If that's not what you needed, please elaborate for a guy who knows he should have DNA somewhere in his body but not much more than that.

Also, did you check the modules available at cpan? I hear there are quite a few for dealing with DNA. Maybe one of these can do the job much cleaner: [search.cpan.org...]

9:15 am on Dec 18, 2008 (gmt 0)

5+ Year Member



ok Thanks. Can you offer any hints to this line of code:

I have a sting of letters and would like to use regex to check the availabilty of these letters in a text.

bbbb either cg or gc or cc or gg then followed by a t. So the regex should match any of 4 possiblities like either:

bbbbcgt or bbbbgct or bbbbcct or bbbbggt.

Regards,
Emmanuel

11:42 am on Dec 18, 2008 (gmt 0)

WebmasterWorld Senior Member 5+ Year Member



you can use parentheses in regexps for two reasons: to catch parts of the match and work with it and to group things.
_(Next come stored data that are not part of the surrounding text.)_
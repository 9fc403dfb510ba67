// Handlers of M, Q and R: readings.
ghost use Rattle.std.specs.Prelude.{◌≡◌};
ghost use Rattle.plan.specs.Readings.{answered, collected, plan_query, plan_reading, plan_reply, same_round};

use crate::brief::{Brief, Phase};
use crate::planned::{Effect, Plan, doing, refusal, sending};
use message::Head;
use units::mask::has;
use units::{Refusal, RoundLabel};

impl Brief {
    // M of the current label while collecting: `here` is what is held for that run.
    #[tactic(auto, unfolding(crate::specs::Readings::collected, units::specs::Pick::pick))]
    fn collect(self, here: u32, run: usize, raw: u32) -> Plan
        ensures { result ≡ collected self here run raw }
    {
        if !has(self.held, run) {
            doing(Effect::Add { run, raw })
        } else if here == raw {
            doing(Effect::Keep)
        } else {
            refusal(Refusal::Clash)
        }
    }

    // M of the current label.
    #[tactic(auto, unfolding(crate::specs::Readings::same_round, units::specs::Pick::pick))]
    fn reading_again(self, here: u32, run: usize, raw: u32) -> Plan
        ensures { result ≡ same_round self here run raw self.phase }
    {
        match self.phase {
            Phase::Idle => refusal(Refusal::Late),
            Phase::Collecting => self.collect(here, run, raw),
            Phase::Pending | Phase::Voting => refusal(Refusal::Closed),
        }
    }

    // M: `here` is what is held for that run.
    #[tactic(auto, unfolding(crate::specs::Readings::plan_reading, units::specs::Pick::pick))]
    pub fn on_reading(self, here: u32, label: RoundLabel, run: usize, raw: u32) -> Plan
        ensures { result ≡ plan_reading self here label run raw }
    {
        if !self.state.before(label) || label.below(self.label) {
            refusal(Refusal::Late)
        } else if label.same(self.label) {
            self.reading_again(here, run, raw)
        } else {
            doing(Effect::Begin { label, run, raw })
        }
    }

    // R for the asked runs that are held, nothing where none is.
    #[tactic(auto, unfolding(crate::specs::Readings::answered, units::specs::Pick::pick))]
    fn answer(self, mask: u32) -> Plan
        ensures { result ≡ answered self mask }
    {
        let found = mask & self.held;
        if found == 0 {
            return doing(Effect::Keep);
        }
        sending(
            Effect::Keep,
            Head::Reply {
                sender: self.own,
                label: self.label,
                mask: found,
            },
        )
    }

    // Q.
    #[tactic(auto, unfolding(crate::specs::Readings::plan_query, crate::specs::Readings::in_query, units::specs::Pick::pick))]
    pub fn on_query(self, sender: usize, label: RoundLabel, mask: u32) -> Plan
        ensures { result ≡ plan_query self sender label mask }
    {
        if sender == self.own {
            return refusal(Refusal::Own);
        }
        if !label.same(self.label) {
            return refusal(Refusal::Other);
        }
        match self.phase {
            Phase::Idle => refusal(Refusal::Closed),
            Phase::Collecting | Phase::Pending | Phase::Voting => self.answer(mask),
        }
    }

    // R: `clash` tells whether one of its readings differs from what is held.
    #[tactic(auto, unfolding(crate::specs::Readings::plan_reply, crate::specs::Readings::in_reply, units::specs::Pick::pick))]
    pub fn on_reply(self, sender: usize, label: RoundLabel, mask: u32, clash: bool) -> Plan
        ensures { result ≡ plan_reply self sender label mask clash }
    {
        if sender == self.own {
            return refusal(Refusal::Own);
        }
        if !label.same(self.label) {
            return refusal(Refusal::Other);
        }
        match self.phase {
            Phase::Collecting if clash => refusal(Refusal::Clash),
            Phase::Collecting => doing(Effect::Merge { mask }),
            Phase::Idle | Phase::Pending | Phase::Voting => refusal(Refusal::Closed),
        }
    }
}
in your case, /bbbb(cg¦gc¦cc¦gg)t/ would work and, if the string is bbbbcgt, $1 would contain cg. the ¦ in the parentheses tells the regexp-machine that any one of those strings can match at this position.
if you don't need to know which of the four possibilites matched, you could also say /bbbb(?:cg¦gc¦cc¦gg)t/ to indicate that you just want to group them, not save them.
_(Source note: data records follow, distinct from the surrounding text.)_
// Handlers of F and D: the own vote, and the votes of others.
ghost use Rattle.std.specs.Prelude.{◌≡◌};
ghost use Rattle.plan.specs.Votes.{in_seat, own_digest, plan_digest, plan_floor};

use crate::brief::{Brief, Phase};
use crate::planned::{Effect, Plan, doing, refusal, sending};
use message::Head;
use units::{Refusal, RoundLabel};
use vote::{Ballot, Digest};

impl Brief {
    // What this controller votes: the runs that it holds, and its state.
    pub fn own_digest(self) -> Digest
        ensures { result ≡ own_digest self }
    {
        Digest {
            mask: self.held,
            state: self.state,
        }
    }

    // F: voting; D goes out, and counts as our vote. What judging the vote then gives comes after.
    #[tactic(auto, unfolding(crate::specs::Votes::plan_floor, crate::specs::Votes::in_floor, units::specs::Pick::pick))]
    pub fn on_floor(self, label: RoundLabel) -> Plan
        ensures { result ≡ plan_floor self label }
    {
        if !label.same(self.label) {
            return refusal(Refusal::Other);
        }
        match self.phase {
            Phase::Pending => {
                let digest = self.own_digest();
                sending(
                    Effect::Count {
                        seat: self.own,
                        digest,
                        phase: Phase::Voting,
                    },
                    Head::Vote {
                        sender: self.own,
                        label: self.label,
                        digest,
                    },
                )
            }
            Phase::Idle | Phase::Collecting | Phase::Voting => refusal(Refusal::Closed),
        }
    }

    // D of the current label, not idle: `cast` is what its sender's seat holds.
    #[tactic(auto, unfolding(crate::specs::Votes::in_seat, units::specs::Pick::pick))]
    fn seat(self, cast: Ballot, sender: usize, digest: Digest) -> Plan
        ensures { result ≡ in_seat sender digest self.phase cast }
    {
        match cast {
            Some(e) if !e.same(digest) => refusal(Refusal::Clash),
            _ => doing(Effect::Count {
                seat: sender,
                digest,
                phase: self.phase,
            }),
        }
    }

    // D: `cast` is what its sender's seat holds.
    #[tactic(auto, unfolding(crate::specs::Votes::plan_digest, crate::specs::Votes::in_digest, units::specs::Pick::pick))]
    pub fn on_digest(self, cast: Ballot, sender: usize, label: RoundLabel, digest: Digest) -> Plan
        ensures { result ≡ plan_digest self cast sender label digest }
    {
        if sender == self.own {
            return refusal(Refusal::Own);
        }
        if !label.same(self.label) {
            return refusal(Refusal::Other);
        }
        match self.phase {
            Phase::Idle => refusal(Refusal::Closed),
            Phase::Collecting | Phase::Pending | Phase::Voting => {
                self.seat(cast, sender, digest)
            }
        }
    }
}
5:30 am on Dec 19, 2008 (gmt 0)

WebmasterWorld Administrator phranque is a WebmasterWorld Top Contributor of All Time 10+ Year Member Top Contributors Of The Month



welcome to WebmasterWorld [webmasterworld.com], Emmanuel !

you should learn the basics of regular expressions:
[perldoc.perl.org...]

the knowlege is essential to perl and can be transferred to many other disciplines.